How do you define succesfull? 

Success is a journey, not a destination. It's also pretty subjective :happy:


----------



## Deagalman (Jul 3, 2009)

I don't know. Good point. I like your castle.


----------



## The Proof (Aug 5, 2009)

talk to a career counselor, a specialist, or get one of those career ebooks, though I think the counselor would be the better option


----------



## BehindSmile (Feb 4, 2009)

I feel your pain. I THOUGHT what I wanted to go into was dealing with behavioral adolescents. I lasted about 3 weeks in that job, I had to be locked in the office to prevent them from beating me to death, and then that adolescent knew they wouldn't get to me so they put up another and that adolescent unexpectedly got to me and did beat me pretty badly. It's what I went to school for, and I just couldn't handle it.

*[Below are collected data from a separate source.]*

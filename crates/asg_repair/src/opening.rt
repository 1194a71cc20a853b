//! What a session is opened with.

ghost use Rattle.std.specs.Prelude.{◌≡◌, ◌≤◌, ◌+◌, true, IfOk, length, vec_len};
ghost use Rattle.asg_algebra.specs.Ended.{last_of};
ghost use Rattle.asg_model.specs.Limits.{most_cost, most_side};
ghost use Rattle.asg_model.specs.Refused.{PassesNegative};
ghost use Rattle.asg_model.specs.Shapes.{square_side};
ghost use Rattle.asg_repair.specs.Opening.{IsOpened};
ghost use Rattle.asg_kept_phases.specs.PhaseChains.{IsWayTo};

use crate::NoMemory;
use crate::works::{Work, last_trail, prune_work};
use asg_kept_phases::PhaseChain;
use asg_model::Instance;
use asg_order::{Kind, Ordered};
use asg_roots::{Root, RootGuess, instance_root};
use std::alloc::Global;

/// What a session is opened with: what it solves in, and its phases.
#[derive(Drop)]
pub(crate) struct Opened<V: Copy> {
    pub(crate) work: Work<V>,
    pub(crate) phases: PhaseChain<V>,
}

// Columns for the rows of a square, and places for the steps of a phase. The error is want of
// memory.
fn columns_and_room<V: Copy>(
    alloc: Global,
    side: u32,
    unit: V,
) -> Result<(Vec<u32>, Vec<V>), NoMemory>
    ensures columns { IfOk result (λ made. vec_len made.0 ≡ side) }
    ensures room { IfOk result (λ made. vec_len made.1 ≡ side + 1) }
{
    let columns = vec![in alloc; 0; side as usize]?;
    let room = vec![in alloc; unit; side as usize + 1]?;
    Ok((columns, room))
}

// Room for what is edited: a root has so many records of phases spare as its square has rows, and
// beside it come columns for these and places for the steps of a phase. The error is want of
// memory.
fn edit_room<V: Copy>(
    alloc: Global,
    root: &mut Root<V>,
    side: u32,
    unit: V,
) -> Result<(Vec<u32>, Vec<V>), NoMemory>
    ensures reduced { root.new.reduced ≡ root.old.reduced }
    ensures ended { root.new.ended ≡ root.old.ended }
    ensures matching { root.new.matching ≡ root.old.matching }
    ensures bench { root.new.bench ≡ root.old.bench }
    ensures region { root.new.region.trails ≡ root.old.region.trails }
    ensures region_side { root.new.region.side ≡ root.old.region.side }
    ensures spare { IfOk result (λ _. side ≤ root.new.region.spare) }
    ensures columns { IfOk result (λ made. vec_len made.0 ≡ side) }
    ensures room { IfOk result (λ made. vec_len made.1 ≡ side + 1) }
{
    root.region.reserve(side)?;
    columns_and_room(alloc, side, unit)
}

// What a solved square is opened to, with columns and places for steps.
fn opened_with<V: Copy>(alloc: Global, root: Root<V>, columns: Vec<u32>, room: Vec<V>) -> Opened<V>
    ensures reduced { result.work.reduced ≡ root.reduced }
    ensures matching { result.work.matching ≡ root.matching }
    ensures bench { result.work.bench ≡ root.bench }
    ensures columns { result.work.columns ≡ columns }
    ensures room { result.work.room ≡ room }
    ensures region { result.phases.region ≡ root.region }
    ensures last { result.phases.last ≡ last_of root.ended }
    ensures told { result.phases.is_told ≡ true
        → IsWayTo result.phases.region result.phases.last result.phases.way.items }
{
    let last = last_trail(&root.ended);
    let Root {
        reduced,
        matching,
        bench,
        region,
        ..
    } = root;
    let phases = PhaseChain::of(alloc, region, last);
    let work = Work {
        reduced,
        matching,
        bench,
        columns,
        room,
    };
    Opened { work, phases }
}

// What a solved square is opened to: room for what is edited, and its phases with so many records
// spare. The error is want of memory.
fn furnished<V: Copy>(
    alloc: Global,
    root: Root<V>,
    side: u32,
    unit: V,
) -> Result<Opened<V>, NoMemory>
    ensures reduced { IfOk result (λ opened. opened.work.reduced ≡ root.reduced) }
    ensures matching { IfOk result (λ opened. opened.work.matching ≡ root.matching) }
    ensures bench { IfOk result (λ opened. opened.work.bench ≡ root.bench) }
    ensures columns { IfOk result (λ opened. length opened.work.columns.items ≡ side) }
    ensures room { IfOk result (λ opened. length opened.work.room.items ≡ side + 1) }
    ensures region { IfOk result (λ opened. opened.phases.region.trails ≡ root.region.trails) }
    ensures region_side { IfOk result (λ opened. opened.phases.region.side ≡ root.region.side) }
    ensures spare { IfOk result (λ opened. side ≤ opened.phases.region.spare) }
    ensures last { IfOk result (λ opened. opened.phases.last ≡ last_of root.ended) }
    ensures told { IfOk result (λ opened. opened.phases.is_told ≡ true
        → IsWayTo opened.phases.region opened.phases.last opened.phases.way.items) }
{
    let mut root = root;
    let made = edit_room(alloc, &mut root, side, unit)?;
    Ok(opened_with(alloc, root, made.0, made.1))
}

/// Solves the square of an instance, and gives what a session goes on from: few phases, and of the
/// columns of the rows those whose cells are absorbed. The error is want of memory. The time grows
/// with the cube of the side at most.
pub(crate) fn solve_first<K: Kind>(
    alloc: Global,
    kind: &K,
    inst: &Instance,
) -> Result<Opened<<K::M as Ordered>::Value>, NoMemory>
where
    K::M: RootGuess,
    requires side { square_side inst.now ≤ most_side }
    requires passes { PassesNegative (K.objective kind.now) inst.now }
    requires reach { most_cost ≤ K.reach kind.now }
    ensures { let m = K.monoid kind.now in
        IfOk result (IsOpened (K.M.monoid_of m) (K.M.difference m) (K.entered kind.now) inst.now) }
{
    let _rows = inst.rows();
    let side = inst.side();
    let m = kind.monoid();
    let root = instance_root(alloc, kind, inst, side)?;
    let mut opened = furnished(alloc, root, side, m.unit())?;
    prune_work(m, &mut opened.work);
    Ok(opened)
}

Do you have a certain degree or area of interest? Like Thracius said...maybe starting with some books that deal with different careers in your field of interest. That's my first step. :tongue:


----------



## Deagalman (Jul 3, 2009)

Thracius said:


> talk to a career counselor, a specialist, or get one of those career ebooks, though I think the counselor would be the better option



Thank you but these people more often are the least bit understanding and offer the worst advice which involves what is practical in their eyes and inclined to make me miserable. Why do I ask someone who wears a suit who has a surface understanding of my field to advise me on it? I'd be better off talking to architects, design houses, etc. Keep my dreams alive! Thank you though.


----------



## Deagalman (Jul 3, 2009)

Oh, there is no way you all could know from my title thread. I want to be an architect but I'm insecure because I'm 26 and I almost already another degree. But with architecture, there are multiple ways to progress and I've found one that makes sense to me but would be seen as unorthodox to others. It involves a second bachelor's. I'm all nervous about it because I keep thinking that I will already have a degree, what am I doing. I've been stalling graduating with my other degree so that by the time I get into possibly finding a job it will be too late to reconsider. It's like a contingency plan designed to prevent me from backing out.


----------



## Raynekatt (May 14, 2009)

There's nothing to stop you from having both degrees and pursuing what you think you might enjoy. Life is too full of doubt and half thoughts to add another "wish I did". 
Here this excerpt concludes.